Personally I would say this is mandatory for any system using certificates.

5 Likes

Example certbot docker-compose.yml for use with Traefik's provider.http with inline TLS certificates. It will create LetsEncrypt certificates for all Hosts, Traefik will just see them as regular TLS certificate files in dynamic configuration.
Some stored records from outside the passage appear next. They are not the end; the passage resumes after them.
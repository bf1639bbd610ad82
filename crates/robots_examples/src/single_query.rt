//! A single query of one file.
ghost use Rattle.std.specs.Prelude.{IfErr, IfOk, take};
ghost use Rattle.texting_robots.specs.Callers.{IsFileRejected, IsMemoryErrorOr, IsRobotOfFile, IsVerdict};
ghost use Rattle.texting_robots.specs.Callers.{RobotValue, file_limit, prepared, unplaced};

use std::alloc::Global;
use texting_robots::{Error, Robot};

/// Whether the crawler with the product token `agent` may fetch a URL of the site with this robots.txt file.
pub fn may_fetch(alloc: Global, agent: &str, file: &[u8], url: &str) -> Result<bool, Error>
    ensures verdict { IfOk result (λ answer. (robot : RobotValue)
        × IsRobotOfFile agent.now (take file_limit file.now) robot
        × IsVerdict (unplaced robot.rules) (prepared url.now) answer) }
    ensures rejected { IfErr result (IsMemoryErrorOr (IsFileRejected agent.now (take file_limit file.now))) }
{
    let robot = Robot::new(alloc, agent, file)?;
    Ok(robot.allowed(alloc, url)?)
}
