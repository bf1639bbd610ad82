//! The contracts say what each caller returns if it succeeds. With enough memory it does.
use crate::audit::audit;
use crate::cache::{Cache, CacheError, MAX_ROBOTS};
use crate::crawler::{DelayPolicy, plan_for};
use crate::link_check::{Denied, count_denied};
use crate::single_query::may_fetch;
use std::process::Abort;
use texting_robots::view::View;
use texting_robots::{Error, Robot};
use url::ParseError;

#[test]
fn each_line_has_its_row(rt: HostRuntime) {
    let rows = audit(rt.alloc(), b"User-agent: *\nDisallow: /a\n\nSitemap: s").expect(&rt, "rows");
    assert!(rt; rows.len() == 4);
}

fn store(rt: &(impl Abort + AllocGlobal), cache: &mut Cache, url: &str) {
    let stored = cache.put(rt.alloc(), "Bot", url, b"User-agent: *\nDisallow: /a\n");
    assert!(rt; stored.is_ok(), "{url}");
}

fn check_stored(rt: &(impl Abort + AllocGlobal), cache: &Cache, url: &str, want: bool) {
    let found = cache.find(rt.alloc(), url).expect(rt, url);
    assert!(rt; found.is_some() == want, "{url}");
}

#[test]
fn a_full_cache_forgets_the_oldest_site(rt: HostRuntime) {
    let mut cache = Cache::new(rt.alloc());
    store(&rt, &mut cache, "https://example.com/a/b");
    check_stored(&rt, &cache, "https://example.com/c?d", true);
    for site in 1..=MAX_ROBOTS {
        let url = format!(in rt.alloc(); "https://s{site}.example.com/").expect(&rt, "URL");
        store(&rt, &mut cache, &url);
    }
    check_stored(&rt, &cache, "https://example.com/", false);
    check_stored(&rt, &cache, "https://s1.example.com/", true);
}

/// The errors of a cache, and their messages.
const ERRORS: &[(CacheError, &str)] = &[
    (
        CacheError::Url(ParseError::EmptyHost),
        "No address of a robots.txt file: empty host",
    ),
    (
        CacheError::File(Error::InvalidRule),
        "No robot: Rule with $ is too long",
    ),
    (CacheError::Memory, "Out of memory"),
];

#[test]
fn errors_have_their_messages(rt: HostRuntime) {
    for (error, want) in ERRORS {
        let text = error.to_string(rt.alloc()).expect(&rt, want);
        assert!(rt; text.as_str() == *want, "{text}");
    }
}

#[test]
fn a_crawler_plans_its_visit(rt: HostRuntime) {
    let waits = DelayPolicy {
        usual: 1_000_000,
        longest: 60_000_000,
    };
    let file = b"User-agent: Ferris\nDisallow: /private\nCrawl-delay: 2.5\n";
    let urls = &["https://example.com/", "/private/a", "/b"];
    let plan = plan_for(rt.alloc(), "FERRIS", file, urls, waits).expect(&rt, "plan");
    assert!(rt; plan.wait == 2_500_000);
    assert!(rt; plan.urls.as_slice() == ["https://example.com/", "/b"].as_slice());
}

/// A link that starts with `/abc` takes four looks, one at each of these bytes, and `/bcd` takes two.
#[test]
fn denied_links_and_looks_are_counted(rt: HostRuntime) {
    let robot = Robot::new(rt.alloc(), "Bot", b"Disallow: /abc\n").expect(&rt, "robot");
    let links = &mut [View::new("/abc"), View::new("/bcd"), View::new("/abc/d")];
    let once = Denied {
        count: 2,
        looks: 10,
    };
    assert!(rt; count_denied(&robot, links) == once);
}

#[test]
fn a_file_is_queried(rt: HostRuntime) {
    let file = b"User-agent: FerrisBot\nDisallow: /a\n";
    let url = "https://example.com/a?b";
    let answer = may_fetch(rt.alloc(), "ferrisbot", file, url).expect(&rt, url);
    assert!(rt; !answer);
}
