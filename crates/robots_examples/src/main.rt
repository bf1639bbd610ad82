//! Callers of the library `texting_robots`: a polite crawler, a link checker, a site audit, a cache
//! of robots, and a single query of a file. The contract of each follows from those of the crates
//! that it uses. The program decides by a robots.txt file whether a crawler may fetch URLs:
//! `robots_examples AGENT FILE URL..`
//!
//! Proving a caller (`single_query` needs no proof file):
//! - In a proof, `c.in_ok-robot.ensures.robot` is the clause of `Robot::new` with `IsRobotOfFile`. `?` passes
//!   `IsMemoryErrorOr` on if the caller's error is the library's `Error`.
//! - A theorem is called like a function. Pass the lists that `laws::each_file_has_its_lines` and
//!   `laws::each_agent_has_its_rules` return to the main theorem (`in_file.rt` of the library);
//!   `proofs/MainTheoremLemmas.antt` is for computed lists.
//! - The invariant of a loop over URLs: if the property holds for the remaining URLs, then with the results so far for
//!   all (`proofs/crawler/allowed_of`).
//! - `LooksAtMost` bounds `seen()` from `View::new` on (`proofs/link_check/count_denied`), and `cost_of` is what a query
//!   costs at most. A `Site` is the list of bytes that it read, and an iterator the list of what it still yields.
#![tactic(auto)]

pub mod audit;
pub mod cache;
pub mod crawler;
pub mod link_check;
pub mod single_query;
#[cfg(test)]
mod tests;

use std::alloc::AllocError;
use std::io::ErrorKind;
use std::{env, fs, io};
use texting_robots::{Error, Robot};

/// Prints `allow` or `deny`, and the URL. A string that is neither a URL nor a path is matched too;
/// as usually no rule matches it, it is allowed.
fn print_verdict(rt: &HostRuntime, robot: &Robot, url: &str) -> io::Result<()> {
    match robot.decide(rt.alloc(), url) {
        Ok(decision) if decision.allowed => println!(rt; "allow {url}"),
        Ok(_) => println!(rt; "deny {url}"),
        Err(AllocError) => Err(io::Error::from(ErrorKind::OutOfMemory)),
    }
}

/// Prints the message. The program then ends with an error status.
fn failed(rt: &HostRuntime, message: &str) -> io::Result<()> {
    rt.eprintln(message)?;
    Err(io::Error::from(ErrorKind::InvalidInput))
}

fn main(rt: HostRuntime) -> io::Result<()> {
    let mut words = env::args(&rt)?;
    let _ = words.next();
    let (Some(agent), Some(path)) = (words.next(), words.next()) else {
        return failed(&rt, "usage: robots_examples AGENT FILE URL..");
    };
    let file = fs::read(&rt, path.as_str())?;
    let robot = match Robot::new(rt.alloc(), &agent, &file) {
        Ok(robot) => robot,
        Err(Error::Memory) => return Err(io::Error::from(ErrorKind::OutOfMemory)),
        Err(_) => return failed(&rt, "robots_examples: a rule of the file is too long"),
    };
    for url in words {
        print_verdict(&rt, &robot, &url)?;
    }
    Ok(())
}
THIS IS NOT PRODUCTION READY.

version: '3.9'

  certbot:
    image: certbot/certbot
    entrypoint: ["/bin/sh", "-c"]
    command: 
      - |
        apk add curl pcre-tools jq

        WEBROOT=/webroot
        echo WEBROOT $$WEBROOT
        mkdir -p $$WEBROOT/.well-known/acme-challenge

        echo START WEBSERVER
        python -m http.server 80 --directory $$WEBROOT &
        /bin/sleep 2

        while true; do

          echo FETCH DOMAINS
          DOMAINS=$$( \
            curl --silent --max-time 5 http://user:pass@traefik_traefik:8080/api/http/routers | \
            pcregrep -o '(?<=Host\(`).*?(?=`\))' | sort | uniq \
          )
          echo FETCH DONE

          for NAME in $$DOMAINS; do
            echo DOMAIN $$NAME

            FILE=/.well-known/acme-challenge/traefik-certbot-$$EPOCHREALTIME
            touch $$WEBROOT$$FILE
            curl --silent --max-time 5 http://$$NAME$$FILE >> /dev/null
            ERR=$$?
            rm $$WEBROOT$$FILE

            if [ $$ERR -eq 0 ]; then
              echo DOMAIN CHALLENGE OK, RUN CERTBOT
              certbot certonly \
                --webroot -w $$WEBROOT \
                --non-interactive \
                --agree-tos \
                --no-eff-email \
                --keep-until-expiring \
                -m email@example.com \
                --quiet \
                --cert-name $$NAME \
                -d $$NAME
              if [ $$? -eq 0 ]; then
                echo CERTBOT OK $$NAME
              else
                echo CERTBOT FAILED $$NAME
              fi
            else
              echo DOMAIN CHALLENGE FAILED http://$$NAME$$FILE
            fi

          done

          echo TRAEFIK TLS FILE GENERATION
          FILE=$$WEBROOT/traefik-certbot.yml
          printf "tls:\n  options:\n    default:\n      minVersion: VersionTLS12\n  certificates:\n" > $$FILE
          for NAME in $$(find /etc/letsencrypt/live/ -maxdepth 1 -mindepth 1 -type d -print) ; do
            echo TRAEFIK TLS FILE ADD $$NAME
            printf "    # CERT FILE $$NAME\n" >> $$FILE
            printf "    - certFile: |-\n" >> $$FILE
            sed -e 's/^/        /' $$NAME/fullchain.pem >> $$FILE
            printf "      keyFile: |-\n" >> $$FILE
            sed -e 's/^/        /' $$NAME/privkey.pem >> $$FILE
          done

          #echo TREAFIK TLS FILE CONTENT
          #cat $$WEBROOT/traefik-certbot.yml

          echo SLEEP
          /bin/sleep 15
        done

    hostname: '{{.Node.Hostname}}'
    networks:
      - proxy
    volumes:
      - traefik-certificates:/etc/letsencrypt
    deploy:
      replicas: 1 # only single instance
      placement:
        constraints:
          - node.role==manager # for service discovery
      labels:
        - 'traefik.enable=true'
        - 'traefik.http.routers.certbot.entrypoints=web'
        - 'traefik.http.routers.certbot.rule=PathPrefix(`/.well-known/acme-challenge`)'
        - 'traefik.http.routers.certbot.priority=1024'
        - 'traefik.http.services.certbot.loadbalancer.server.port=80'

Pieces of the Traefik static configuration:

providers:
  docker:
    endpoint: "unix:///var/run/docker.sock"
    swarmMode: true
    exposedByDefault: false
    network: proxy
  
  # for dashboard
  file: 
    filename: /traefik-dynamic.yml
    watch: true

  # for LetsEncrypt certificates from certbot
  http: 
    endpoint: "http://traefik_certbot/traefik-certbot.yml"
    pollInterval: 15s
    pollTimeout: 5s
    
entryPoints:
  web:
    address: :80
    http:
      redirections:
        entryPoint:
          to: websecure
          scheme: https
          priority: 1000 # needed for certbot to be able to overrule
  websecure:
    ...

It's probably better to use a shared folder across all Traefik nodes and write the dynamic config file into the folder and use Traefik with watching provider.file instead. Then you could just copy and reference the certificates instead of inlining them. Be aware that the host folder needs to exist when running with Docker Swarm.

This topic was automatically closed 30 days after the last reply. New replies are no longer allowed.